Snaedis my sister bichon is watching a video of her and Dima my spoo playing 
Look how interested she is in the video and in the end she wants to join them


----------



## Cdnjennga (Jul 30, 2009)

That's really cute, she's watching so intently!


----------



## Marian (Oct 20, 2009)

That's hilarious! I love it.


----------



## flyingduster (Sep 6, 2009)

lol!!!! I love that this is a youtube of a dog watching youtube... now we need anotehr youtube vid of a dog watching THIS clip, and we'll have a whole series ontop of one another just like the infinite cat project! hahaha


----------



## Marian (Oct 20, 2009)

Please, don't give me any ideas. I *have* to get to bed early tonight. LOL


----------



## Olie (Oct 10, 2009)

Precious!
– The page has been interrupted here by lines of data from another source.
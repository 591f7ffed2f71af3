// The set: the empty word and the single letters, then each pair of listed words by the later one's place.
ghost use Rattle.std.specs.Prelude.{◌≡◌, length};
ghost use Rattle.cells.specs.Stands.{Sized};
ghost use Rattle.sets.specs.Set.{Growable, GrownMeans, SetMeans};

use crate::growing::{Held, SetFault};
use crate::listed::write_first;
use crate::places::take_place;
use crate::words::Span;
use model::answers::Stop;
use spans::ends::word_end;

// Takes each pair of listed words by the later one's place, until no place is left.
pub fn take_places(cells: &[u8], area: &mut [u8], first: Held, budget: u16) -> Result<(), SetFault>
    requires { Growable cells.now area.old first }
    ensures length { length area.new ≡ length area.old }
    ensures grown { GrownMeans cells.now area.old first budget result }
{
    let mut held = first;
    let mut at: usize = 0;
    while at < held.used {
        let end = word_end(area, at);
        let later = Span {
            at,
            letters: end - at,
        };
        held = take_place(cells, area, held, later, budget)?;
        at = end + 1;
    }
    Ok(())
}

// Grows the set in the workspace, whose content afterwards is of no use.
pub fn grow_set(cells: &[u8], size: u8, workspace: &mut [u8], budget: u16) -> Result<(), SetFault>
    requires { Sized cells.now size }
    ensures length { length workspace.new ≡ length workspace.old }
    ensures set { SetMeans cells.now size (length workspace.old) budget result }
{
    let first = 1 + 2 * (size as usize);
    if workspace.len() < first {
        return Err(SetFault::Stopped(Stop::Room));
    }
    write_first(workspace, size);
    take_places(
        cells,
        workspace,
        Held {
            used: first,
            words: 1 + (size as usize),
        },
        budget,
    )
}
Loved it, thanks for sharing.


----------



## Winnow (Jan 2, 2010)

flyingduster said:


> lol!!!! I love that this is a youtube of a dog watching youtube... now we need anotehr youtube vid of a dog watching THIS clip, and we'll have a whole series ontop of one another just like the infinite cat project! hahaha


that is a great idea  

I love it when she starts pawing at the computer around the 1:30 mark


----------



## flufflvr (Mar 20, 2010)

Adorable! What a cutie...obviously likes to play! It makes me wonder what she's thinking as she's watching.


----------